• **WHAT YOU HAVE TO DO**
The data below should be copied over with complete accuracy.

• **THE DATA**
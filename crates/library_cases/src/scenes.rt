//! The kinds of cases of steps: what answers to the steps of each.

use crate::fields::FieldsScene;
use crate::folders::{MemScene, SureScene};
use crate::kind::SceneKind;
use crate::sinks::{MemSinkScene, SureSinkScene};
use case_files::{Case, CaseFault, Report};
use case_texts::take_steps;
use cm_base::{MemFolder, MemSink, SureFolder, SureSink};
use cm_bytes::Reader;
use std::alloc::Global;

/// Reads the fields of the section `bytes`.
fn try_fields(alloc: Global, case: &Case, report: &mut Report) -> Result<(), CaseFault> {
    case.has_only(&[b"bytes", b"steps"])?;
    let bytes = case.the(b"bytes")?.bytes(alloc)?;
    let mut scene = FieldsScene {
        reader: Reader::new(bytes.as_bytes()),
    };
    take_steps(alloc, &mut scene, case, report)
}

/// Takes the steps of a folder that is empty and doesn't fail.
fn try_sure_folder(alloc: Global, case: &Case, report: &mut Report) -> Result<(), CaseFault> {
    case.has_only(&[b"steps"])?;
    let mut scene = SureScene {
        folder: SureFolder::new(alloc),
    };
    take_steps(alloc, &mut scene, case, report)
}

/// Takes the steps of a folder that is empty.
fn try_folder(alloc: Global, case: &Case, report: &mut Report) -> Result<(), CaseFault> {
    case.has_only(&[b"steps"])?;
    let mut scene = MemScene {
        folder: MemFolder::new(alloc),
    };
    take_steps(alloc, &mut scene, case, report)
}

/// Takes the steps of a sink that is empty and doesn't fail.
fn try_sure_sink(alloc: Global, case: &Case, report: &mut Report) -> Result<(), CaseFault> {
    case.has_only(&[b"steps"])?;
    let mut scene = SureSinkScene {
        sink: SureSink::new(alloc),
    };
    take_steps(alloc, &mut scene, case, report)
}

/// Takes the steps of a sink that is empty.
fn try_sink(alloc: Global, case: &Case, report: &mut Report) -> Result<(), CaseFault> {
    case.has_only(&[b"steps"])?;
    let mut scene = MemSinkScene {
        sink: MemSink::new(alloc),
    };
    take_steps(alloc, &mut scene, case, report)
}

/// Tries a case of a kind.
pub fn try_kind(
    alloc: Global,
    kind: SceneKind,
    case: &Case,
    report: &mut Report,
) -> Result<(), CaseFault> {
    match kind {
        SceneKind::Fields => try_fields(alloc, case, report),
        SceneKind::SureFolder => try_sure_folder(alloc, case, report),
        SceneKind::Folder => try_folder(alloc, case, report),
        SceneKind::SureSink => try_sure_sink(alloc, case, report),
        SceneKind::Sink => try_sink(alloc, case, report),
    }
}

• **RESPONSE AREA**
filename crates/library_cases/src/scenes.rt
//! The kinds of cases of steps: what answers to the steps of each.

use crate::fields::FieldsScene;
use crate::folders::{MemScene, SureScene};
use crate::kind::SceneKind;
use crate::sinks::{MemSinkScene, SureSinkScene};
use case_files::{Case, CaseFault, Report};
use case_texts::take_steps;
use cm_base::{MemFolder, MemSink, SureFolder, SureSink};
use cm_bytes::Reader;
use std::alloc::Global;

/// Reads the fields of the section `bytes`.
fn try_fields(alloc: Global, case: &Case, report: &mut Report) -> Result<(), CaseFault> {
    case.has_only(&[b"bytes", b"steps"])?;
    let bytes = case.the(b"bytes")?.bytes(alloc)?;
    let mut scene = FieldsScene {
        reader: Reader::new(bytes.as_bytes()),
    };
    take_steps(alloc, &mut scene, case, report)
}

/// Takes the steps of a folder that is empty and doesn't fail.
fn try_sure_folder(alloc: Global, case: &Case, report: &mut Report) -> Result<(), CaseFault> {
    case.has_only(&[b"steps"])?;
    let mut scene = SureScene {
        folder: SureFolder::new(alloc),
    };
    take_steps(alloc, &mut scene, case, report)
}

/// Takes the steps of a folder that is empty.
fn try_folder(alloc: Global, case: &Case, report: &mut Report) -> Result<(), CaseFault> {
    case.has_only(&[b"steps"])?;
    let mut scene = MemScene {
        folder: MemFolder::new(alloc),
    };
    take_steps(alloc, &mut scene, case, report)
}

/// Takes the steps of a sink that is empty and doesn't fail.
fn try_sure_sink(alloc: Global, case: &Case, report: &mut Report) -> Result<(), CaseFault> {
    case.has_only(&[b"steps"])?;
    let mut scene = SureSinkScene {
        sink: SureSink::new(alloc),
    };
    take_steps(alloc, &mut scene, case, report)
}

/// Takes the steps of a sink that is empty.
fn try_sink(alloc: Global, case: &Case, report: &mut Report) -> Result<(), CaseFault> {
    case.has_only(&[b"steps"])?;
    let mut scene = MemSinkScene {
        sink: MemSink::new(alloc),
    };
    take_steps(alloc, &mut scene, case, report)
}

/// Tries a case of a kind.
pub fn try_kind(
    alloc: Global,
    kind: SceneKind,
    case: &Case,
    report: &mut Report,
) -> Result<(), CaseFault> {
    match kind {
        SceneKind::Fields => try_fields(alloc, case, report),
        SceneKind::SureFolder => try_sure_folder(alloc, case, report),
        SceneKind::Folder => try_folder(alloc, case, report),
        SceneKind::SureSink => try_sure_sink(alloc, case, report),
        SceneKind::Sink => try_sink(alloc, case, report),
    }
}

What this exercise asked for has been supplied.